**Instructions to follow**
Which lines of the entries hold the string "ghost"? Copy each one.

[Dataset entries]
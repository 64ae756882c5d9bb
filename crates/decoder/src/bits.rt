// Fields of a word, and the numbers that they stand for.
ghost use Rattle.std.specs.Prelude.{◌≡◌, ◌/◌, ◌%◌, ◌^◌, ◌<◌};
ghost use Rattle.a64.specs.Signed.{Within, from_twos};

// The `width` bits of `w` from bit `at` up.
pub(crate) fn field(w: u32, at: u32, width: u32) -> u32
    requires { (at < 32) × (width < 32) }
    ensures { result ≡ w / 2 ^ at % 2 ^ width }
{
    (w >> at) & ((1 << width) - 1)
}

// The number that `width` bits stand for in two's complement.
pub(crate) fn signed(n: u32, width: u32) -> i32
    requires { (0 < width) × ((width < 31) × (n < 2 ^ width)) }
    ensures value { result ≡ from_twos width n }
    ensures within { Within width result }
{
    if n < 1 << (width - 1) {
        n as i32
    } else {
        -(((1 << width) - n) as i32)
    }
}
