// The reader: by bits 31 to 24 to one small reader for each class of instructions.
// A reader's parameters are what those bits say, and the word.
ghost use Rattle.std.specs.Prelude.{◌≡◌, ◌<◌};
ghost use Rattle.decoder.specs.Reading.{add_sub_ext_of, add_sub_imm_of, adds_shifted_of, branch, dir_of, field_of, hint, indexed, key_of, ldr_reg_of, ldr_u_imm, load_x_of, mov_wide_of, pair, pair_post_of, pair_pre_of, reading, reg_of, ret, single, store_w_of};

use crate::bits::{field, signed};
use crate::clash::{pair_clash, single_clash};
use a64::imm::*;
use a64::inst::*;

// The register whose number stands from bit `at` up.
fn reg(w: u32, at: u32) -> Reg
    requires { at < 32 }
    ensures { result ≡ reg_of w at }
{
    Reg {
        enc: field(w, at, 5) as u8,
    }
}

// Whether a word stores or loads.
fn dir(w: u32) -> Dir
    ensures { result ≡ dir_of (field_of w 22 1) }
{
    if field(w, 22, 1) == 0 {
        Dir::Store
    } else {
        Dir::Load
    }
}

// The key that stands at bit `at`.
fn key(w: u32, at: u32) -> Key
    requires { at < 32 }
    ensures { result ≡ key_of (field_of w at 1) }
{
    if field(w, at, 1) == 0 { Key::A } else { Key::B }
}

fn add_sub_imm(op: AddSub, w: u32) -> Inst
    ensures { result ≡ add_sub_imm_of op w }
{
    if field(w, 23, 1) != 0 {
        return Inst::Other(w);
    }
    let imm = Imm12 {
        bits: field(w, 10, 12) as u16,
        shift12: field(w, 22, 1) == 1,
    };
    Inst::AddSubImm {
        op,
        rd: reg(w, 0),
        rn: reg(w, 5),
        imm,
    }
}

fn add_sub_ext(op: AddSub, w: u32) -> Inst
    ensures { result ≡ add_sub_ext_of op w }
{
    if field(w, 21, 3) == 1 && field(w, 10, 6) == 0b011_000 {
        Inst::AddSubExt {
            op,
            rd: reg(w, 0),
            rn: reg(w, 5),
            rm: reg(w, 16),
        }
    } else {
        Inst::Other(w)
    }
}

fn pair_of(class: PairClass, mode: PairMode, w: u32) -> Inst
    ensures { result ≡ pair class mode w }
{
    let dir = dir(w);
    let rt = reg(w, 0);
    let rt2 = reg(w, 10);
    let rn = reg(w, 5);
    if pair_clash(dir, class, mode, rt, rt2, rn) {
        return Inst::Other(w);
    }
    let offset = SImm7Scaled {
        value: signed(8 * field(w, 15, 7), 10) as i16,
    };
    Inst::Pair {
        dir,
        class,
        mode,
        rt,
        rt2,
        rn,
        offset,
    }
}

fn adds_shifted(w: u32) -> Inst
    ensures { result ≡ adds_shifted_of w }
{
    if field(w, 21, 3) == 0 && field(w, 10, 6) == 0 {
        Inst::AddsShifted {
            rd: reg(w, 0),
            rn: reg(w, 5),
            rm: reg(w, 16),
        }
    } else {
        Inst::Other(w)
    }
}

fn pair_post(class: PairClass, w: u32) -> Inst
    ensures { result ≡ pair_post_of class w }
{
    if field(w, 23, 1) == 1 {
        pair_of(class, PairMode::Post, w)
    } else {
        Inst::Other(w)
    }
}

fn pair_pre(class: PairClass, w: u32) -> Inst
    ensures { result ≡ pair_pre_of class w }
{
    if field(w, 23, 1) == 1 {
        pair_of(class, PairMode::Pre, w)
    } else {
        pair_of(class, PairMode::Offset, w)
    }
}

fn indexed_by(class: Class, mode: Mode, w: u32) -> Inst
    ensures { result ≡ indexed class mode w }
{
    let dir = dir(w);
    let rt = reg(w, 0);
    let rn = reg(w, 5);
    if single_clash(class, rt, rn) {
        return Inst::Other(w);
    }
    let offset = SImm9 {
        value: signed(field(w, 12, 9), 9) as i16,
    };
    Inst::Single {
        dir,
        class,
        mode,
        rt,
        rn,
        offset,
    }
}

fn single_of(class: Class, w: u32) -> Inst
    ensures { result ≡ single class w }
{
    let wide = match class {
        Class::X => 0,
        Class::D => 0,
        Class::Q => 1,
    };
    if field(w, 23, 1) == wide && field(w, 21, 1) == 0 {
        match field(w, 10, 2) {
            3 => indexed_by(class, Mode::Pre, w),
            1 => indexed_by(class, Mode::Post, w),
            _ => Inst::Other(w),
        }
    } else {
        Inst::Other(w)
    }
}

fn ldr_reg(w: u32) -> Inst
    ensures { result ≡ ldr_reg_of w }
{
    if field(w, 22, 2) == 1 && field(w, 10, 6) == 0b011_0_10 {
        Inst::LdrReg {
            rt: reg(w, 0),
            rn: reg(w, 5),
            rm: reg(w, 16),
        }
    } else {
        Inst::Other(w)
    }
}

fn load_x(w: u32) -> Inst
    ensures { result ≡ load_x_of w }
{
    if field(w, 21, 1) == 1 {
        ldr_reg(w)
    } else {
        single_of(Class::X, w)
    }
}

fn ldr_uimm(w: u32) -> Inst
    ensures { result ≡ ldr_u_imm w }
{
    if field(w, 22, 2) == 1 {
        let offset = UImm12Scaled {
            value: 8 * field(w, 10, 12) as u16,
        };
        Inst::LdrUImm {
            rt: reg(w, 0),
            rn: reg(w, 5),
            offset,
        }
    } else {
        Inst::Other(w)
    }
}

fn store_w(w: u32) -> Inst
    ensures { result ≡ store_w_of w }
{
    let rt = reg(w, 0);
    let rn = reg(w, 5);
    if field(w, 22, 2) != 0 {
        Inst::Other(w)
    } else if field(w, 21, 1) == 1 {
        if field(w, 10, 6) == 0b011_0_10 {
            Inst::StrWReg {
                rt,
                rn,
                rm: reg(w, 16),
            }
        } else {
            Inst::Other(w)
        }
    } else if field(w, 10, 2) == 0 {
        Inst::SturW {
            rt,
            rn,
            offset: SImm9 {
                value: signed(field(w, 12, 9), 9) as i16,
            },
        }
    } else {
        Inst::Other(w)
    }
}

fn mov_wide(op: MoveWideOp, w: u32) -> Inst
    ensures { result ≡ mov_wide_of op w }
{
    if field(w, 23, 1) == 1 {
        let imm = MoveWideConst {
            bits: field(w, 5, 16) as u16,
            shift: field(w, 21, 2) as u8,
        };
        Inst::MovWide {
            op,
            rd: reg(w, 0),
            imm,
        }
    } else {
        Inst::Other(w)
    }
}

fn hint_of(w: u32) -> Inst
    ensures { result ≡ hint w }
{
    if field(w, 0, 24) == 0x03245f {
        return Inst::BtiC;
    }
    if field(w, 12, 12) == 0x032 && field(w, 8, 4) == 3 && field(w, 0, 5) == 31 {
        let key = key(w, 6);
        let modifier = if field(w, 5, 1) == 0 {
            Modifier::Zero
        } else {
            Modifier::Sp
        };
        if field(w, 7, 1) == 0 {
            Inst::Paci { key, modifier }
        } else {
            Inst::Auti { key, modifier }
        }
    } else {
        Inst::Other(w)
    }
}

fn ret_of(w: u32) -> Inst
    ensures { result ≡ ret w }
{
    if field(w, 0, 24) == 0x5f03c0 {
        return Inst::Ret;
    }
    if field(w, 11, 13) == 0xbe1 && field(w, 0, 10) == 0x3ff {
        Inst::RetAuth { key: key(w, 10) }
    } else {
        Inst::Other(w)
    }
}

fn b_gt(w: u32) -> Inst
    ensures { result ≡ branch w }
{
    if field(w, 0, 5) == 12 {
        Inst::BGt {
            offset: signed(field(w, 5, 19), 19),
        }
    } else {
        Inst::Other(w)
    }
}

pub(crate) fn by_head(w: u32) -> Inst
    ensures { result ≡ reading w }
{
    match w >> 24 {
        0x91 => add_sub_imm(AddSub::Add, w),
        0xd1 => add_sub_imm(AddSub::Sub, w),
        0x8b => add_sub_ext(AddSub::Add, w),
        0xcb => add_sub_ext(AddSub::Sub, w),
        0xab => adds_shifted(w),
        0xa8 => pair_post(PairClass::X, w),
        0xa9 => pair_pre(PairClass::X, w),
        0x6c => pair_post(PairClass::D, w),
        0x6d => pair_pre(PairClass::D, w),
        0xf8 => load_x(w),
        0xfc => single_of(Class::D, w),
        0x3c => single_of(Class::Q, w),
        0xf9 => ldr_uimm(w),
        0xb8 => store_w(w),
        0xd2 => mov_wide(MoveWideOp::MovZ, w),
        0xf2 => mov_wide(MoveWideOp::MovK, w),
        0xd5 => hint_of(w),
        0xd6 => ret_of(w),
        0x54 => b_gt(w),
        _ => Inst::Other(w),
    }
}
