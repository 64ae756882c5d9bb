// Which registers of a load or a store clash.
ghost use Rattle.a64.specs.Words.{overlaps as over, pair_clash_of, single_clash_of};
ghost use Rattle.std.specs.Prelude.{◌≡◌};

use a64::inst::*;

// The base is no SP and is the register `rt`.
pub fn overlaps(rn: Reg, rt: Reg) -> bool
    ensures { result ≡ over rn rt }
{
    rn != Reg::SP && rt == rn
}

pub fn pair_clash(dir: Dir, class: PairClass, mode: PairMode, rt: Reg, rt2: Reg, rn: Reg) -> bool
    ensures { result ≡ pair_clash_of dir class mode rt rt2 rn }
{
    let twice = dir == Dir::Load && rt == rt2;
    let writes = class == PairClass::X && mode != PairMode::Offset;
    twice || (writes && (overlaps(rn, rt) || overlaps(rn, rt2)))
}

pub fn single_clash(class: Class, rt: Reg, rn: Reg) -> bool
    ensures { result ≡ single_clash_of class rt rn }
{
    class == Class::X && overlaps(rn, rt)
}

**Result for this exercise**
ghost use Rattle.std.specs.Prelude.{◌≡◌, ◌/◌, ◌%◌, ◌^◌, ◌<◌};
ghost use Rattle.a64.specs.Signed.{Within, from_twos};
ghost use Rattle.std.specs.Prelude.{◌≡◌, ◌<◌};
ghost use Rattle.decoder.specs.Reading.{add_sub_ext_of, add_sub_imm_of, adds_shifted_of, branch, dir_of, field_of, hint, indexed, key_of, ldr_reg_of, ldr_u_imm, load_x_of, mov_wide_of, pair, pair_post_of, pair_pre_of, reading, reg_of, ret, single, store_w_of};
ghost use Rattle.a64.specs.Words.{overlaps as over, pair_clash_of, single_clash_of};
ghost use Rattle.std.specs.Prelude.{◌≡◌};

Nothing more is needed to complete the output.